If you’re looking for decklists, I’d suggest using HSReplay or whatever stat site you prefer- you can find my theorycraft decks at (https://amiibodoctor.com/2021/03/27/theorycrafting-the-best-decks-for-wild-barrens-part-one/, https://amiibodoctor.com/2021/03/28/theorycrafting-the-best-decks-for-wild-barrens-part-two/, and https://amiibodoctor.com/2021/03/30/4560/), but they’re probably not quite optimal. They’ve also not been updated, but they can be useful as a reference point.

Anyways, now to the actual looks at Legendaries. Keep in mind that this is for Wild.

First in line, Demon Hunter. The only DH deck I’ve seen in any significant numbers in Wild is Odd DH, but Il’gynoth OTK and Deathrattle are both options. I don’t think either is very strong, but hey, whatever floats your S.S. VENGEANCE boat.

Kurtus Ashfallen is just plain bad. Understatted, a weak Battlecry, and doesn’t get much better with Outcast. I mean, with Outcast, he becomes a 4 mana 3/4 that deals 3 damage to your opponent’s left and right-most minions… which isn’t horrible, I suppose? Odd DH can’t run it and he’d be mediocre in just about any other deck (DH decks besides Odd are usually either slower or way too fast), so really he’s just Dust.

I unpacked him, so I’m hoping he’ll get buffed, maybe to 3 mana, at which point he’d be kind of playable. He’s just not a good card for now. 1/10 in Wild.

Death Speaker Blackthorn is an amazing card. 3-4 mana worth of stats, then the other 3-4 mana goes into summoning up to 15 mana worth of minions from your deck.

However, DRDH is not very good in Wild.

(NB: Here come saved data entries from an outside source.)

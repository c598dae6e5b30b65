ghost use Rattle.std.specs.Prelude.{◌≡◌, IfOk, slice_get, []};
ghost use Rattle.mm_poly.specs.Poly.{times};
ghost use Rattle.cert_kit.specs.Meaning.{own_bounds, no_bounds, product_bounds, sum_bounds, constant_bounds, product_row, sum_row, product_op, sum_op, multiple_row, constant_row, at_least_0, equal_to_0};
ghost use Rattle.cert_kit.specs.FirstFault.{row_at, tested, tested_rule, bounds_of};
ghost use Rattle.cert_check.specs.Checking.{Gives, CoversRow, bounded};

use crate::fail::CheckFail;
use crate::rows::Rows;
use crate::walked::Walked;
use cert_kit::{Bounds, Fault, Op, PRow};
use mm_poly::Poly;
use sqlite_items::Boxed;
use std::alloc::Global;

/// Bounds within the limits, or their fault.
pub fn within(bounds: Option<Bounds>) -> Result<Bounds, CheckFail>
    ensures { Gives result (bounded bounds) }
{
    bounds.ok_or(CheckFail::Wrong(Fault::Bound))
}

/// The row of a number, with its own bounds.
pub fn row_node<'a>(
    alloc: Global,
    rows: &'a Rows<'_>,
    n: u32,
) -> Result<Boxed<Walked<'a>>, CheckFail>
    ensures gives { Gives result (row_at (slice_get rows.now n)) }
    ensures covers { IfOk result CoversRow }
{
    match rows.get(n as usize) {
        Some(row) => own_node(alloc, row),
        None => Err(CheckFail::Wrong(Fault::Rule)),
    }
}

// A row with its own bounds, which are within the limits.
fn own_node<'a>(alloc: Global, row: &'a PRow) -> Result<Boxed<Walked<'a>>, CheckFail>
    ensures gives { Gives result (tested row.now (own_bounds row.now.poly)) }
    ensures covers { IfOk result CoversRow }
{
    let bounds = within(Bounds::of(&row.poly).tested())?;
    Ok(Boxed::new(alloc, Walked::lent(row, bounds))?)
}

/// The square of a polynomial is at least 0.
pub fn square_node<'a>(alloc: Global, poly: &Poly) -> Result<Boxed<Walked<'a>>, CheckFail>
    ensures gives { Gives result (tested (at_least_0 (times poly.now poly.now)) (product_bounds (own_bounds poly.now) (own_bounds poly.now))) }
    ensures covers { IfOk result CoversRow }
{
    let own = Bounds::of(poly);
    let bounds = within(own.times(own))?;
    let square = poly.product(alloc, poly)?;
    Ok(Boxed::new(alloc, Walked::made(square, Op::Ge, bounds))?)
}

/// A polynomial times a part, which has to be an equality.
pub fn multiple_node<'a>(
    alloc: Global,
    poly: &Poly,
    part: &Walked<'_>,
) -> Result<Boxed<Walked<'a>>, CheckFail>
    requires { CoversRow part.now }
    ensures gives { Gives result (tested_rule (multiple_row poly.now part.now.row.op part.now.row.poly) (product_bounds (own_bounds poly.now) (bounds_of part.now))) }
    ensures covers { IfOk result CoversRow }
{
    let row = part.row();
    if row.op == Op::Ge {
        return Err(CheckFail::Wrong(Fault::Rule));
    }
    let bounds = within(Bounds::of(poly).times(part.bounds()))?;
    let multiple = poly.product(alloc, &row.poly)?;
    Ok(Boxed::new(alloc, Walked::made(multiple, Op::Eq, bounds))?)
}

/// The product of two parts.
pub fn product_node<'a>(
    alloc: Global,
    first: &Walked<'_>,
    second: &Walked<'_>,
) -> Result<Boxed<Walked<'a>>, CheckFail>
    requires first { CoversRow first.now }
    requires second { CoversRow second.now }
    ensures gives { Gives result (tested (product_row first.now.row second.now.row) (product_bounds (bounds_of first.now) (bounds_of second.now))) }
    ensures covers { IfOk result CoversRow }
{
    let bounds = within(first.bounds().times(second.bounds()))?;
    let (first, second) = (first.row(), second.row());
    let poly = first.poly.product(alloc, &second.poly)?;
    let op = op_of_product(first.op, second.op);
    Ok(Boxed::new(alloc, Walked::made(poly, op, bounds))?)
}

/// The sum of two parts, made of their own terms.
pub fn sum_node<'a>(
    alloc: Global,
    first: Walked<'_>,
    second: Walked<'_>,
) -> Result<Boxed<Walked<'a>>, CheckFail>
    requires first { CoversRow first }
    requires second { CoversRow second }
    ensures gives { Gives result (tested (sum_row first.entry.row second.entry.row) (sum_bounds (bounds_of first.entry) (bounds_of second.entry))) }
    ensures covers { IfOk result CoversRow }
{
    let bounds = within(first.bounds().plus(second.bounds()))?;
    let op = op_of_sum(first.row().op, second.row().op);
    let poly = first.into_sum(alloc, second)?;
    Ok(Boxed::new(alloc, Walked::made(poly, op, bounds))?)
}

/// A constant of at least 1 is at least 0.
pub fn constant_node<'a>(alloc: Global, c: i128) -> Result<Boxed<Walked<'a>>, CheckFail>
    ensures gives { Gives result (tested_rule (constant_row c) (constant_bounds c)) }
    ensures covers { IfOk result CoversRow }
{
    if c < 1 {
        return Err(CheckFail::Wrong(Fault::Rule));
    }
    let bounds = within(Bounds::of_constant(c).tested())?;
    let poly = Poly::constant(alloc, c)?;
    Ok(Boxed::new(alloc, Walked::made(poly, Op::Ge, bounds))?)
}

/// 0 is 0.
pub fn zero_node<'a>(alloc: Global) -> Result<Boxed<Walked<'a>>, CheckFail>
    ensures gives { Gives result (tested (equal_to_0 []) no_bounds) }
    ensures covers { IfOk result CoversRow }
{
    let bounds = Bounds::none();
    let poly = Poly::constant(alloc, 0)?;
    Ok(Boxed::new(alloc, Walked::made(poly, Op::Eq, bounds))?)
}

// A product is 0 where a factor is.
fn op_of_product(first: Op, second: Op) -> Op
    ensures { result ≡ product_op first second }
{
    match (first, second) {
        (Op::Ge, Op::Ge) => Op::Ge,
        _ => Op::Eq,
    }
}

// A sum is 0 where both parts are.
fn op_of_sum(first: Op, second: Op) -> Op
    ensures { result ≡ sum_op first second }
{
    match (first, second) {
        (Op::Eq, Op::Eq) => Op::Eq,
        _ => Op::Ge,
    }
}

It’s too slow, and Wild has plenty of ways to deal with opponents getting a foothold on the board. 7/10 card if the deck actually was decent, but Token DH with Wrathscale Naga is seeing more play and working better, which says a lot. Currently 3/10 in Wild.

Both of the Druid Legendaries are in a weird spot. Guff is really strong in both Aggro and Token Druid, both of which have a lot of Nature Spells already, but both of those decks already have a bunch of buffs and he’s a tad too slow. Simply put- great card, but it only fits with decks that are already really good. 7/10 card, just not seeing play because the decks that would play it are already 8/10.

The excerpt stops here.